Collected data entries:

=== Begin Enclosure ===

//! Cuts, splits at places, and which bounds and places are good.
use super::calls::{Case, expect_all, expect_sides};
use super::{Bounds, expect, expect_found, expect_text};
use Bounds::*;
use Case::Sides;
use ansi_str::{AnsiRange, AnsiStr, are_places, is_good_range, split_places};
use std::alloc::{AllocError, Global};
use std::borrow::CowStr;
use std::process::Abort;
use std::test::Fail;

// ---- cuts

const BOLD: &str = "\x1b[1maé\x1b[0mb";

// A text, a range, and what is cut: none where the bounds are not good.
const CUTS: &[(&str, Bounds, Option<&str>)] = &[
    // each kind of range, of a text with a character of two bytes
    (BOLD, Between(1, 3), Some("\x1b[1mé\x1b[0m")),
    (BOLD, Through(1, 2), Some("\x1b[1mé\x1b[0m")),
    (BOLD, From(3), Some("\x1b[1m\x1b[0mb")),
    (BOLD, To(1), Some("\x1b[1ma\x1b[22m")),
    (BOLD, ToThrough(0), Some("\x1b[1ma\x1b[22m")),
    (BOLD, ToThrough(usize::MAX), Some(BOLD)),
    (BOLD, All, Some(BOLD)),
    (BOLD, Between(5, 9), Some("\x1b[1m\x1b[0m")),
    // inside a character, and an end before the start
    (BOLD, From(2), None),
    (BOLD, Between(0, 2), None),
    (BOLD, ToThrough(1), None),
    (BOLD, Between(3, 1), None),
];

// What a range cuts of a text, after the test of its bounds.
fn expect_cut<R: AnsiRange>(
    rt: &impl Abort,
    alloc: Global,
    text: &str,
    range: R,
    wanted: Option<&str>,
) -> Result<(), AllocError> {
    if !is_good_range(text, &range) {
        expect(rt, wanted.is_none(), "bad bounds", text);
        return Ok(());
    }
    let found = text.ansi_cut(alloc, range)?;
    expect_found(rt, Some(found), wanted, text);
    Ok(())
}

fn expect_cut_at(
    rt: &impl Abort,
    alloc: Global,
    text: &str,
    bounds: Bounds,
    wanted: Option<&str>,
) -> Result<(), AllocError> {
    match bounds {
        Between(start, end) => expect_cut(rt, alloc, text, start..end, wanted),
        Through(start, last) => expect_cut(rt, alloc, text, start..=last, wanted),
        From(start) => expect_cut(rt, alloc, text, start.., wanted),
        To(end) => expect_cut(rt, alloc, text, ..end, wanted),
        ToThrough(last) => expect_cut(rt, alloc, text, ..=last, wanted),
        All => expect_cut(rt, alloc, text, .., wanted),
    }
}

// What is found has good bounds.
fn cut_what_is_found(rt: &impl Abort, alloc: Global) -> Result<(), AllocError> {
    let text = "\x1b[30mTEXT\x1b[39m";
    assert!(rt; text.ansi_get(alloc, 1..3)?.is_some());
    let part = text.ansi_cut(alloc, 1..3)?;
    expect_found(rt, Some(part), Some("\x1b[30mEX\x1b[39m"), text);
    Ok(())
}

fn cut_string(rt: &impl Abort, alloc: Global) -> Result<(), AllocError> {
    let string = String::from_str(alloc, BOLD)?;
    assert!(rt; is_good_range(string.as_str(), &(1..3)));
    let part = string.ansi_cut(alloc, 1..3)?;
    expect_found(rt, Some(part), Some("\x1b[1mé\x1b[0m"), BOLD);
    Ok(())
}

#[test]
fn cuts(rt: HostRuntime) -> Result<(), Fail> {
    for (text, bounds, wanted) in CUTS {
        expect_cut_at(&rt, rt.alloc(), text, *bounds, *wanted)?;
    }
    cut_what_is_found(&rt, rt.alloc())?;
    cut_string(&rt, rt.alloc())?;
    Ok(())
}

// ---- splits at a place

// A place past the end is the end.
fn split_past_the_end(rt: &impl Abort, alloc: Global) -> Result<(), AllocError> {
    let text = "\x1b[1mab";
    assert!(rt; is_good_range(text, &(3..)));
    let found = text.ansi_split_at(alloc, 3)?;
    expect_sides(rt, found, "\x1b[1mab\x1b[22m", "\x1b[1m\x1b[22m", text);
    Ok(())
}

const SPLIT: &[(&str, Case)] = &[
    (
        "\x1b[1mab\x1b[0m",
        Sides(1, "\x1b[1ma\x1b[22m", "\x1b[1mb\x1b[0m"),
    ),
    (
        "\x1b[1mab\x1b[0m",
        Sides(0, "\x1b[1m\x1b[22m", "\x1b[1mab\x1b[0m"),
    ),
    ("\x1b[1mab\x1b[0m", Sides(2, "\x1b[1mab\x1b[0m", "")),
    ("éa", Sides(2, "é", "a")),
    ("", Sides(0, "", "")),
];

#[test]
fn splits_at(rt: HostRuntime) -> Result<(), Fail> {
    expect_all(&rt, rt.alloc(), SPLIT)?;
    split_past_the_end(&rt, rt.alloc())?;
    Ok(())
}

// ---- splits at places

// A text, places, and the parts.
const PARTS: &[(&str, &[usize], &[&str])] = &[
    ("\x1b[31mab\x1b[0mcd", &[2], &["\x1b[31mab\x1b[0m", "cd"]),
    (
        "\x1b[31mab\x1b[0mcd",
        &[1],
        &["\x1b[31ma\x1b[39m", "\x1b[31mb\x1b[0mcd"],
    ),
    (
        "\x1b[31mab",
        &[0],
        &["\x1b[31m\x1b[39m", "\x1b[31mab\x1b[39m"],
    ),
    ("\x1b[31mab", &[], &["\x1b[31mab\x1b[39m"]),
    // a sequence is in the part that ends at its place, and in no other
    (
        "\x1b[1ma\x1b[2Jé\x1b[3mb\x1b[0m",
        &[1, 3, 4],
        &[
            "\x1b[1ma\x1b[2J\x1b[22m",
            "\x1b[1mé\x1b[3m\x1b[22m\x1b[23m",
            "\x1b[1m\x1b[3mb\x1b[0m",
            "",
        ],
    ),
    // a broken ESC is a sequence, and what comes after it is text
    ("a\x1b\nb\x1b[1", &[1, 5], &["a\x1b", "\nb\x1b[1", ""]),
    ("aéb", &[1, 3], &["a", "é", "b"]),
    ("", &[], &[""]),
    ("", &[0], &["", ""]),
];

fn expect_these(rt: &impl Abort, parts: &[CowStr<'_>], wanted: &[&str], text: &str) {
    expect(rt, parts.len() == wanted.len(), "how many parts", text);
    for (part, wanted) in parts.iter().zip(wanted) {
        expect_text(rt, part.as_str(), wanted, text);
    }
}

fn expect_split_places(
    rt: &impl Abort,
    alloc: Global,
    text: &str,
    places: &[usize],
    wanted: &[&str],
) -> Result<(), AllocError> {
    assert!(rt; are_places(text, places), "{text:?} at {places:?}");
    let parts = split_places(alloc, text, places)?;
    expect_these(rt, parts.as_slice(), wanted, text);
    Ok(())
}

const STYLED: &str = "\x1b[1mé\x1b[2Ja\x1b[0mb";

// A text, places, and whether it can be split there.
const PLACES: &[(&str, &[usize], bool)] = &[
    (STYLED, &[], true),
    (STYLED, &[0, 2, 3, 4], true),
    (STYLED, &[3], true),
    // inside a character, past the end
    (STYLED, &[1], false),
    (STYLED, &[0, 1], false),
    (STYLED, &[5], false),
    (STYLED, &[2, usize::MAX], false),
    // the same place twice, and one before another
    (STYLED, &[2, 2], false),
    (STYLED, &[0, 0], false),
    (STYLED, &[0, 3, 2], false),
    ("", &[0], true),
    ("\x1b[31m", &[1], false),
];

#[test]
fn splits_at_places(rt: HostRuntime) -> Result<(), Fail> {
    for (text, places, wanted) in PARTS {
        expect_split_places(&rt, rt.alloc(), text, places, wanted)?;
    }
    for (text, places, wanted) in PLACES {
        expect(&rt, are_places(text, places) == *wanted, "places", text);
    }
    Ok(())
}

=== End Enclosure ===
=== Begin Enclosure ===

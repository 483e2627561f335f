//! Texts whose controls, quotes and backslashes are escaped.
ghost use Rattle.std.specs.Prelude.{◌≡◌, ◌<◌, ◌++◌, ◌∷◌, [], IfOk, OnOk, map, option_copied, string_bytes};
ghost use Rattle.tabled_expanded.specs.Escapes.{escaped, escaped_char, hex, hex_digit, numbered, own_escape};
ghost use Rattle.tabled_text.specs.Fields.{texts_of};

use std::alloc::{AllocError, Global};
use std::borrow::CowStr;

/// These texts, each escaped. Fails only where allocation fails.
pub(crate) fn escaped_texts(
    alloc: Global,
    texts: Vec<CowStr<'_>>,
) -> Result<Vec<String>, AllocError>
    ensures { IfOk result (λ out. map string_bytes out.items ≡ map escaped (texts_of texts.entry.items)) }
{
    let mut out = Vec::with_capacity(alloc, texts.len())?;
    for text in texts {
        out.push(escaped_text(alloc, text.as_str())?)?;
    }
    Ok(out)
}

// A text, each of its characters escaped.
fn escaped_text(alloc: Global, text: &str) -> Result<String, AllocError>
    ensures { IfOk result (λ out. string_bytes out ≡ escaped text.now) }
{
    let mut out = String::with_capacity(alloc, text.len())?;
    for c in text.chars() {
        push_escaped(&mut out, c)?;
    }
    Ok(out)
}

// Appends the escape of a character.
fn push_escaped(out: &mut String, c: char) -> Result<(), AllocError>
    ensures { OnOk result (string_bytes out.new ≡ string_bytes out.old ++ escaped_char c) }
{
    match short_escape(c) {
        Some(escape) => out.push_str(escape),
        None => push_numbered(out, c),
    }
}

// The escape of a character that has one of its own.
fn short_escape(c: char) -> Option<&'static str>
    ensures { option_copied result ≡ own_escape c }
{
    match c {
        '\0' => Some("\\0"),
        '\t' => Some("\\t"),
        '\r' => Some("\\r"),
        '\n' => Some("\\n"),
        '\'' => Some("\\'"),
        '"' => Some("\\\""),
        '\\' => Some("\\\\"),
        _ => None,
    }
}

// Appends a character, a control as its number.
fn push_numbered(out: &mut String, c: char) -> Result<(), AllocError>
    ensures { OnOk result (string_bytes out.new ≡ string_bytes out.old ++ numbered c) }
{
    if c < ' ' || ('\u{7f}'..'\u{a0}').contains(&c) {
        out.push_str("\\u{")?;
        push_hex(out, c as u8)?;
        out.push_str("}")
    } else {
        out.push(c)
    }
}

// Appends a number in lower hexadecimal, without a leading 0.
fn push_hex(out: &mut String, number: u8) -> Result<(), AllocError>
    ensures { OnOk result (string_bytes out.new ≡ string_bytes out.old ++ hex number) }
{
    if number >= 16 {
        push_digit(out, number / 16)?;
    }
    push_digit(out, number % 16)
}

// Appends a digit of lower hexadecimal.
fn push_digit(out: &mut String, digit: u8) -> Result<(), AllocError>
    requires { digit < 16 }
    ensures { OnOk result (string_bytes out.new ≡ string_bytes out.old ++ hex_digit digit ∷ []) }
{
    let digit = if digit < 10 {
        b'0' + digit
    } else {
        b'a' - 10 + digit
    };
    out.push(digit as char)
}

=== End Enclosure ===
=== Begin Enclosure ===

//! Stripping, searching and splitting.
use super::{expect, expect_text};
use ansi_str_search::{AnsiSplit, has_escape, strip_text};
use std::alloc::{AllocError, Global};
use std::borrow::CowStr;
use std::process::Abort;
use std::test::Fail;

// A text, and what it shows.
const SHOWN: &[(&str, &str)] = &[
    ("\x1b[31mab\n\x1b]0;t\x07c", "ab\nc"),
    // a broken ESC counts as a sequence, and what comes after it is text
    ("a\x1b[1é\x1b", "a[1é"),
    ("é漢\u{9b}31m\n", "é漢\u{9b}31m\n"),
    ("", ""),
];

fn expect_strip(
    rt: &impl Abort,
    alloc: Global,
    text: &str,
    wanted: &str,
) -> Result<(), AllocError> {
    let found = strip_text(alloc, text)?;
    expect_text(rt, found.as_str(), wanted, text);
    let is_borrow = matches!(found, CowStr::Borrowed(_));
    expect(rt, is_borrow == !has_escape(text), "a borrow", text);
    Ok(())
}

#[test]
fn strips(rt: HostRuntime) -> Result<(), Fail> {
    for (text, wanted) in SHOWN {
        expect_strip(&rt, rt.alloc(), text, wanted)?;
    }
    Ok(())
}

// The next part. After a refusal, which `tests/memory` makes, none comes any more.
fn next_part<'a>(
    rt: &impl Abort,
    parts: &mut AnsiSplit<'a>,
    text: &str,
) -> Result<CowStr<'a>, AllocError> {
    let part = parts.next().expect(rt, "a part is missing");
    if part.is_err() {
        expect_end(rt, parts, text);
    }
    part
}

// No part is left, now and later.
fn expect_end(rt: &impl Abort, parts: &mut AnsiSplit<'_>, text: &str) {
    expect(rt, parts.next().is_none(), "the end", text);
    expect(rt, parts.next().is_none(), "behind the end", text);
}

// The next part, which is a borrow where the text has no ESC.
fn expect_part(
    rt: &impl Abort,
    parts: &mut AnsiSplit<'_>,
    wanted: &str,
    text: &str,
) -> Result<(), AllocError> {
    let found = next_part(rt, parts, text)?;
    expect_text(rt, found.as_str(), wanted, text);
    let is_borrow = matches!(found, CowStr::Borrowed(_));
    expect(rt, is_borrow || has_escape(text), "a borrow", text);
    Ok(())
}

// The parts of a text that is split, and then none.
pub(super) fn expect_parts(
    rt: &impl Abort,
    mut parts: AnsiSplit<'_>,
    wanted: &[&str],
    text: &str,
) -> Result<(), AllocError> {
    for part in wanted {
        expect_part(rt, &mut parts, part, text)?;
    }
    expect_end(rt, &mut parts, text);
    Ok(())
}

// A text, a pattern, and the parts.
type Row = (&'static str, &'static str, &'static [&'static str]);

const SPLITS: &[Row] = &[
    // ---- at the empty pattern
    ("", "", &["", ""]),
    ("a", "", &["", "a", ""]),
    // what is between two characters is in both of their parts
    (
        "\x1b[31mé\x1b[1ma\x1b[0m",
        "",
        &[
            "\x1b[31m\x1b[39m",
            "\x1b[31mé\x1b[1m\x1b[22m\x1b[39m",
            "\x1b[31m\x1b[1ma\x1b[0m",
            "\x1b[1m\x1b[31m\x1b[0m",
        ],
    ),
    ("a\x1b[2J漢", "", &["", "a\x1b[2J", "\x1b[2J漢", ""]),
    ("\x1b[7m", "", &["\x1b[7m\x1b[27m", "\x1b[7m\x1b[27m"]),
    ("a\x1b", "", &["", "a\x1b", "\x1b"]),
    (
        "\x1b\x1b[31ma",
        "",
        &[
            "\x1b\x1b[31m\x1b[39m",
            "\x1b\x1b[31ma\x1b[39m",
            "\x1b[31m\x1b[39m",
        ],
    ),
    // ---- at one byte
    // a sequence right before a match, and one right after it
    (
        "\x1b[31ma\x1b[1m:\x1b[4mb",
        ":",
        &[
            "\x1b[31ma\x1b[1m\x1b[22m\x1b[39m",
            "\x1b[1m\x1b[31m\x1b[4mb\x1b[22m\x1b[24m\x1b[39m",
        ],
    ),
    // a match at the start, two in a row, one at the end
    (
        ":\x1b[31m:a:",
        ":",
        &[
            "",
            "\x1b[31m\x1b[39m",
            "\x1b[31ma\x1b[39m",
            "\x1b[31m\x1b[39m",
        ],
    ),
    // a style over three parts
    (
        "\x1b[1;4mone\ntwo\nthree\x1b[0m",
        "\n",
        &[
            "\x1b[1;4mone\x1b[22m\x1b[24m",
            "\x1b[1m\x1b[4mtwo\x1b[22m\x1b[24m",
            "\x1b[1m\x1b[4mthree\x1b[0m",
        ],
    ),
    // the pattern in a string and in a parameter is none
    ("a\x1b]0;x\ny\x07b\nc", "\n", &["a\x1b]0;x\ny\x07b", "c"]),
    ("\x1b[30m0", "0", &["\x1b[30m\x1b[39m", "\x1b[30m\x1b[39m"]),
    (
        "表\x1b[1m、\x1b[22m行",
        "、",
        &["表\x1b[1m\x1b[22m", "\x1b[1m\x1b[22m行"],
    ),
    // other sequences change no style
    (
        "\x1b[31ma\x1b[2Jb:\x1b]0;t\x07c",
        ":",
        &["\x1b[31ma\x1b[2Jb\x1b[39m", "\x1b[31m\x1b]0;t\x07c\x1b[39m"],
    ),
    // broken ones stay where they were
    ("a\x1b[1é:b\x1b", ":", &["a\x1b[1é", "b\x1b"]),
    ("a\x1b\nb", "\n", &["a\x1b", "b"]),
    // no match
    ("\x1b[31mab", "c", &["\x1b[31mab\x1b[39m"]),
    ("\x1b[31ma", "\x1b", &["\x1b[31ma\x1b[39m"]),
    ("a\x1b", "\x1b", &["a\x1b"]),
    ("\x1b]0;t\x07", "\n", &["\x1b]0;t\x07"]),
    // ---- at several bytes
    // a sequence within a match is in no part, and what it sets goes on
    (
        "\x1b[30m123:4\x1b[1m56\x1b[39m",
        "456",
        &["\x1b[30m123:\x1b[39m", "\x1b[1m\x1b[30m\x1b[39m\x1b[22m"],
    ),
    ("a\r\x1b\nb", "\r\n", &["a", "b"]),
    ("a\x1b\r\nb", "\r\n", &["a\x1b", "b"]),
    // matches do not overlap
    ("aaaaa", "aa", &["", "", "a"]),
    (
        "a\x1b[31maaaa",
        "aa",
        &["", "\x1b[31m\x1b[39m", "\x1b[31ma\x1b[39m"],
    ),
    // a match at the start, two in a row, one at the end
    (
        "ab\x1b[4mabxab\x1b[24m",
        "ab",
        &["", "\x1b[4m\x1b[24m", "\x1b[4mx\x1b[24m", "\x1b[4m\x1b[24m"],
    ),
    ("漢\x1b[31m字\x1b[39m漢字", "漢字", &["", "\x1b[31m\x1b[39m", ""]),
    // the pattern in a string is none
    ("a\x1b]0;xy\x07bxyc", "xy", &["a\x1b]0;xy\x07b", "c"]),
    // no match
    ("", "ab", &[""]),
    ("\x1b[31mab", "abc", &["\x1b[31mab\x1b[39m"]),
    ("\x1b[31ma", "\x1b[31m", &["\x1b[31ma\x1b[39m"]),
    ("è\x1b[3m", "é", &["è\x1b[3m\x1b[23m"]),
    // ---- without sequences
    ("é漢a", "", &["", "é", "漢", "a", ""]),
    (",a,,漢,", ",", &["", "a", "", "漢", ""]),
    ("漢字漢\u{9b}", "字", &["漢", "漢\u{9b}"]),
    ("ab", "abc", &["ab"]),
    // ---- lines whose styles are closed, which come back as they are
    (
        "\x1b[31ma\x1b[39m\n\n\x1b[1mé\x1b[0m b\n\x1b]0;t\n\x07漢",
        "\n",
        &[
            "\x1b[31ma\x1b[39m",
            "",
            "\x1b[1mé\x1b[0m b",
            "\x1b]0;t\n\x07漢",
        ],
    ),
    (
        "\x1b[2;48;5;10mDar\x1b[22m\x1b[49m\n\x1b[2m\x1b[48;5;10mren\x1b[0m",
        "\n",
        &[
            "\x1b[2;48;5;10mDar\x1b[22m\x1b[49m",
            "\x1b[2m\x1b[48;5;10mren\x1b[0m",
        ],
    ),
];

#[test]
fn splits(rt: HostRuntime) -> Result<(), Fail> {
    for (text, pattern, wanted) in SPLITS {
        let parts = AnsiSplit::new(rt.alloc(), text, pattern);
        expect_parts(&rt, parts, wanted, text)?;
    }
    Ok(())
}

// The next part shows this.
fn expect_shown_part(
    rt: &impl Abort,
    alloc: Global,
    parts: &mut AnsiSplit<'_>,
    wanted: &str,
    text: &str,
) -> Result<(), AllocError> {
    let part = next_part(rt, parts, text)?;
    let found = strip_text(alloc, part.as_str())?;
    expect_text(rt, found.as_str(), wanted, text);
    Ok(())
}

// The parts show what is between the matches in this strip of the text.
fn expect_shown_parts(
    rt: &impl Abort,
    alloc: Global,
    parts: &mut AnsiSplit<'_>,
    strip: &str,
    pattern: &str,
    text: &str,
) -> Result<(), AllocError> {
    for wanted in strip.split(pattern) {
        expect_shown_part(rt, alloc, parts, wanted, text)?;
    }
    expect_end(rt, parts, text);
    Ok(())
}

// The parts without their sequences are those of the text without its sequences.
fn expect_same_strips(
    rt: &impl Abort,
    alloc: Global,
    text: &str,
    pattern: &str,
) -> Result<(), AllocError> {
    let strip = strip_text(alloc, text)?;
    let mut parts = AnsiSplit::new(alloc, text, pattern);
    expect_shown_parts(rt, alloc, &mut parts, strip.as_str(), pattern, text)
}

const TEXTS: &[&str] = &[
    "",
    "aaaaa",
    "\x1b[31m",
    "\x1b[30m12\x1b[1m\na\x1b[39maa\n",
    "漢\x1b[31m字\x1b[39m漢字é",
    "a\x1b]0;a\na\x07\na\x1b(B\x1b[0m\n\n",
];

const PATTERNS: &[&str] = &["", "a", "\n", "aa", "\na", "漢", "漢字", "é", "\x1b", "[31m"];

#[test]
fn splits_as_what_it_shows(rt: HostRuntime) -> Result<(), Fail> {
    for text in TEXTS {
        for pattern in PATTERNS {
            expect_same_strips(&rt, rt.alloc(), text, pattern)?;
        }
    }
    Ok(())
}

=== End Enclosure ===

== TASK ==
From the data above, output exactly the lines between the one containing "return Ok(());" and the one containing "let part = text.ansi_cut(alloc, 1..3)?;", counting both of them.

== RESPONSE BELOW ==
        return Ok(());
    }
    let found = text.ansi_cut(alloc, range)?;
    expect_found(rt, Some(found), wanted, text);
    Ok(())
}

fn expect_cut_at(
    rt: &impl Abort,
    alloc: Global,
    text: &str,
    bounds: Bounds,
    wanted: Option<&str>,
) -> Result<(), AllocError> {
    match bounds {
        Between(start, end) => expect_cut(rt, alloc, text, start..end, wanted),
        Through(start, last) => expect_cut(rt, alloc, text, start..=last, wanted),
        From(start) => expect_cut(rt, alloc, text, start.., wanted),
        To(end) => expect_cut(rt, alloc, text, ..end, wanted),
        ToThrough(last) => expect_cut(rt, alloc, text, ..=last, wanted),
        All => expect_cut(rt, alloc, text, .., wanted),
    }
}

// What is found has good bounds.
fn cut_what_is_found(rt: &impl Abort, alloc: Global) -> Result<(), AllocError> {
    let text = "\x1b[30mTEXT\x1b[39m";
    assert!(rt; text.ansi_get(alloc, 1..3)?.is_some());
    let part = text.ansi_cut(alloc, 1..3)?;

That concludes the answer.